# Automatically selecting the number of clusters in a latent variable

This is just a quick demo to show how to automatically decide upon the number of clusters in a latent variable, where the number of clusters are unknown, using the Iris dataset.

The process is iterative, building and training the model multiple times, and then querying the trained model to extract the log likelihood. There are lots of other scoring functions; regression or classification accuracy, Bayesian Information Criterion (BIC; which penalises the complexity of the model against the accuracy) among others.

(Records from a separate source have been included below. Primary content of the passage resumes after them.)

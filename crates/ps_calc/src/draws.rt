//! The random source of a battle.

ghost use Rattle.std.specs.Prelude.{◌≡◌, ◌<◌, ◌/◌, ◌^◌, ◌↔◌, IsTrue};
ghost use Rattle.ps_calc.specs.Draws.{after, drawn, next_of};
ghost use Rattle.rand_core.specs.Steps.{stream_of, steps_u32};

use rand_core::utils::NextWord;
use rand_core::{Rng, utils};

/// A linear congruential source of 64 bits, as the fifth generation of the games has one. It tells the upper half of its
/// state.
#[derive(Clone, Copy, Debug, PartialEq, Eq)]
pub struct Rng5 {
    /// The state. It steps at each draw, and any number of 64 bits may begin it.
    pub x: u64,
}

impl Rng5 {
    /// One step, and the upper half of the state after it.
    #[tactic(auto, unfolding(crate::specs::Draws::after))]
    fn step(&mut self) -> u32
        ensures state { self.new.x ≡ after self.old.x }
        ensures value { result ≡ after self.old.x / 2 ^ 32 }
    {
        self.x = self
            .x
            .wrapping_mul(0x5D58_8B65_6C07_8965)
            .wrapping_add(0x26_9EC3);
        (self.x >> 32) as u32
    }

    /// A number below `n`, which is 1 or more, after one step.
    #[tactic(auto, unfolding(crate::specs::Draws::drawn))]
    pub fn draw(&mut self, n: u32) -> u32
        requires { 0 < n }
        ensures state { self.new.x ≡ after self.old.x }
        ensures value { result ≡ drawn (after self.old.x) n }
        ensures below { result < n }
    {
        let upper = u64::from(self.step());
        (upper * u64::from(n) >> 32) as u32
    }

    /// Whether a draw below 256 is below `a`: in `a` of 256 cases, and always where `a` is 256 or more. It steps once in
    /// any case.
    pub fn chance(&mut self, a: u16) -> bool
        ensures state { self.new.x ≡ after self.old.x }
        ensures value { IsTrue result ↔ (drawn (after self.old.x) 256 < a) }
    {
        self.draw(256) < u32::from(a)
    }
}

impl NextWord<u32> for Rng5 {
    ghost step = { next_of };

    #[tactic(auto, unfolding(crate::specs::Draws::next_of))]
    fn next_word(&mut self) -> u32 {
        self.step()
    }
}

impl Rng for Rng5 {
    ghost stream = { stream_of (steps_u32 next_of) };

    fn next_u32(&mut self) -> u32 {
        self.next_word()
    }

    fn next_u64(&mut self) -> u64 {
        utils::next_u64_via_u32(self)
    }

    fn fill_bytes(&mut self, dst: &mut [u8]) {
        utils::fill_bytes_via_u32(self, dst)
    }
}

One thing to watch is that the log likelihood cannot be used as a measure where the number of variables in the model is being adjusted at the same time, as the score will also change (however it's perfect when only changing the number of states).

It's easy to craft the iterative code, but there is a utility function in analysis.py to do it automatically and which uses cross validation.

In [None]:
import pandas as pd
import logging
import sys
sys.path.append("../../../bayesianpy")
import bayesianpy
import matplotlib.pyplot as plt
import os

logger = logging.getLogger()

bayesianpy.jni.attach(logger)

db_folder = bayesianpy.utils.get_path_to_parent_dir('')    
iris = pd.read_csv(os.path.join(db_folder, "data/iris.csv"), index_col=False)

analysis = bayesianpy.analysis.LogLikelihoodAnalysis(logger)
# create templates between with latent states from 1 -> 19
results = analysis.analyse(iris, [bayesianpy.template.MixtureNaiveBayes(logger,
                                  discrete=iris[['iris_class']],
                                  continuous=iris[['sepal_length', 'petal_width', 'petal_length', 'sepal_width']],
                                  latent_states=i) for i in range(1, 20)],
                           use_model_names=False,
                           names=list(range(1,20)))

And finally plot the results:

In [None]:
%matplotlib inline
plt.figure()
plt.plot(results.columns.tolist(), results.mean().tolist(), 'bo')
plt.show()

From this, it's possible to approximately identify the optimum number of states in the latent variable (e.g. 4+ or so, favouring the lower number to reduce complexity).